Specifications (B76)
- Mass: 970 g (34 oz)
- Length: 205 mm (8.1 in)
- Barrel length: 108 mm (4.3 in)
- Cartridge: 9×19mm Parabellum (B76, B76S, MP3S) .32 ACP (B77) 7.65×21mm Parabellum (B80, B80S) 9×18mm Ultra (B82, MP3) .32 S&W Long (MP3S)
- Action: Delayed blowback
- Feed system: 8-round, single-column magazine (5 rounds for MP3S)
- Sights: Iron

= Benelli B76 =

The B76 is a pistol manufactured in Italy by Benelli.

==Design==
First manufactured in 1976, the Benelli B76 is a locked-breech, fixed-barrel semi-automatic handgun.

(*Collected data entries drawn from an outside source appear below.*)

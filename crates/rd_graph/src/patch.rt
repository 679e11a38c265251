//! Patches: what a merge of a level changes in a graph, made before the first change.
ghost use Rattle.std.specs.Prelude.{◌≡◌, IfOk, option_map};
ghost use Rattle.rd_graph.specs.Runs.{places_of};
ghost use Rattle.rd_graph.specs.Patches.{CanBePatched, FitsPatch, IsPatched, patched, line_of};

use crate::applying::{in_line, put_lists};
use crate::arranging::arrange;
use crate::before::Predecessors;
use crate::change::Change;
use crate::changing::changed;
use crate::chunks::{chunk_room, chunks_in_line, is_short, renewed};
use crate::graph::{Node, OrderGraph};
use crate::making::{make, room};
use crate::runs::{Run, as_runs, aside_room};
use crate::thinning::{joined, thinned};
use crate::trimming::trimmed;
use rd_keys::EntryKey;
use std::alloc::{AllocError, Global};
use std::marker::Model;

/// New lists of predecessors by the places of their nodes, the nodes that are made, and the places of the result's nodes in their
/// order as runs, old and made ones counted through; none where every node stays at its place. There is room for the nodes of the
/// result; and there should be for those that are set aside, else they are moved in another way. So there should be for the chunks
/// of the nodes, if they are made anew, and if nodes move; else the graph has none.
#[derive(Drop)]
pub struct Patch {
    pub(crate) alloc: Global,
    pub(crate) lists: Vec<(usize, Predecessors)>,
    pub(crate) made: Vec<Node>,
    pub(crate) line: Option<Vec<Run>>,
    pub(crate) aside: Vec<Node>,
    pub(crate) room: Vec<Node>,
    pub(crate) new_chunks: Vec<u64>,
    pub(crate) moved_chunks: Vec<u64>,
}

impl Model for Patch {
    ghost use Rattle.std.specs.Prelude.{◌≡◌, option_map};
    ghost use Rattle.rd_keys.specs.declared.entry.EntryKey.{EntryKey};
    ghost use Rattle.rd_graph.specs.Patches.{PatchOf};
    ghost use Rattle.rd_graph.specs.Internal.Seen.{seen};
    ghost use Rattle.rd_graph.specs.Internal.Patching.{lists_seen, HasRoom};
    ghost use Rattle.rd_graph.specs.Runs.{places_of};

    ghost Value = { PatchOf EntryKey };

    ghost view = { λ p. (lists_seen p.lists.items, (seen p.made.items, option_map (λ l. places_of l.items) p.line)) };

    ghost invariant = { λ p. HasRoom p.line p.room };
}

impl Patch {
    /// The places of the result's nodes in their order, old and made ones counted through, as runs of places that follow each
    /// other. None where every node stays at its place.
    pub fn line(&self) -> Option<&[Run]>
        ensures { option_map (λ l. places_of l.now) result ≡ line_of self.now }
    {
        as_runs(&self.line)
    }
}

impl OrderGraph {
    /// Is it time to take away the edges that others imply? The larger a graph, the less often, since it takes longer.
    fn is_due(&self) -> bool {
        256 <= self.patches && self.nodes.len() / 64 <= self.patches
    }

    /// Is it time to make the chunks of the nodes anew? They tell less with each patch that moves nodes.
    fn is_worn(&self) -> bool {
        self.is_due() || 16 <= self.moves || is_short(&self.chunks, self.nodes.len())
    }

    /// The patch of a merge, over the edges of the graph as they are.
    fn patch_as_is(&self, alloc: Global, change: Change<'_>) -> Result<Patch, AllocError>
        requires { CanBePatched change.removed.now change.chain.now change.old_places.now self.now }
        ensures fits { IfOk result (λ p. FitsPatch p self.now) }
        ensures patched { IfOk result (λ p. IsPatched change.entry.removed.now change.entry.chain.now change.entry.old_places.now self.now p) }
    {
        let relisted = changed(alloc, &self.nodes, &self.chunks, change)?;
        let lists = trimmed(alloc, change.chain, relisted)?;
        let line = arrange(alloc, self, change)?;
        let made = make(alloc, change.chain, change.old_places)?;
        let aside = aside_room(alloc, as_runs(&line))?;
        let room = room(alloc, &line)?;
        let new_chunks = chunk_room(alloc, self.is_worn(), self.nodes.len())?;
        let moved_chunks = chunk_room(alloc, line.is_some(), self.nodes.len() + made.len())?;
        Ok(Patch {
            alloc,
            lists,
            made,
            line,
            aside,
            room,
            new_chunks,
            moved_chunks,
        })
    }

    /// The patch of a merge: without the nodes at some places, which rise, and with the nodes and the edges of a chain, whose names stand
    /// at the places `found`. It only reads the graph, and takes all memory that the change will need.
    pub fn patch(&self, alloc: Global, change: Change<'_>) -> Result<Patch, AllocError>
        requires { CanBePatched change.removed.now change.chain.now change.old_places.now self.now }
        ensures fits { IfOk result (λ p. FitsPatch p self.now) }
        ensures patched { IfOk result (λ p. IsPatched change.entry.removed.now change.entry.chain.now change.entry.old_places.now self.now p) }
    {
        if !self.is_due() {
            return self.patch_as_is(alloc, change);
        }
        let thin = thinned(alloc, &self.nodes)?;
        let graph = OrderGraph {
            nodes: thin.nodes,
            chunks: Vec::new(alloc),
            patches: 0,
            moves: 0,
        };
        let patch = graph.patch_as_is(alloc, change)?;
        let lists = joined(thin.lists, patch.lists)?;
        Ok(Patch {
            alloc,
            lists,
            made: patch.made,
            line: patch.line,
            aside: patch.aside,
            room: patch.room,
            new_chunks: patch.new_chunks,
            moved_chunks: patch.moved_chunks,
        })
    }

    /// The graph with its patch. It takes no memory.
    pub fn apply(self, patch: Patch) -> OrderGraph
        requires { FitsPatch patch self }
        ensures { result ≡ patched patch self }
    {
        let is_anew = self.is_worn();
        let patches = patches_after(self.is_due(), self.patches);
        let moves = moves_after(is_anew, self.moves, &patch.line);
        let mut nodes = self.nodes;
        let mut chunks = self.chunks;
        put_lists(&mut nodes, &mut chunks, patch.lists);
        let chunks = renewed(chunks, is_anew, &nodes, patch.new_chunks);
        let room = patch.moved_chunks;
        let chunks = chunks_in_line(chunks, &nodes, &patch.made, &patch.line, room);
        OrderGraph {
            nodes: in_line(
                patch.alloc,
                nodes,
                patch.made,
                patch.line,
                patch.aside,
                patch.room,
            ),
            chunks,
            patches,
            moves,
        }
    }
}

/// How many patches came since the edges that others imply went, after one more.
fn patches_after(is_due: bool, patches: usize) -> usize {
    if is_due { 0 } else { patches.wrapping_add(1) }
}

/// How many patches moved nodes since the chunks were made, after one more.
fn moves_after(is_anew: bool, moves: usize, line: &Option<Vec<Run>>) -> usize {
    let before = if is_anew { 0 } else { moves };
    before.wrapping_add(usize::from(line.is_some()))
}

The B76's trigger is of a double-action/single-action type and the firearm works thanks to a unique delayed blowback system, as explained in . In this system, the gun has a bolt provided with ribs extending transversely to the bolt axis and adapted to engage in and disengage from corresponding mating grooves in the receiver, and a locking lever that links the bolt with the slide which acts as a bolt carrier. Upon firing, while the pistol recoils in the hand of the shooter, the inertia of the slide makes it maintain its position relative to the receiver, constraining the bolt ribs' motion in the corresponding grooves via the locking lever, and so keeping the breech positively locked. As soon as the recoil movement of the pistol in the hand of the shooter slows down, the slide tends to continue its rearward movement, so retreating relative to the receiver. At that point, the locking lever does not force the bolt into its locking recesses any more and the bolt is free to recoil as well, pushed by the residual pressure of the gasses in the barrel with enough force to complete the shooting cycle.

Manufacture was discontinued at the end of the 1980s.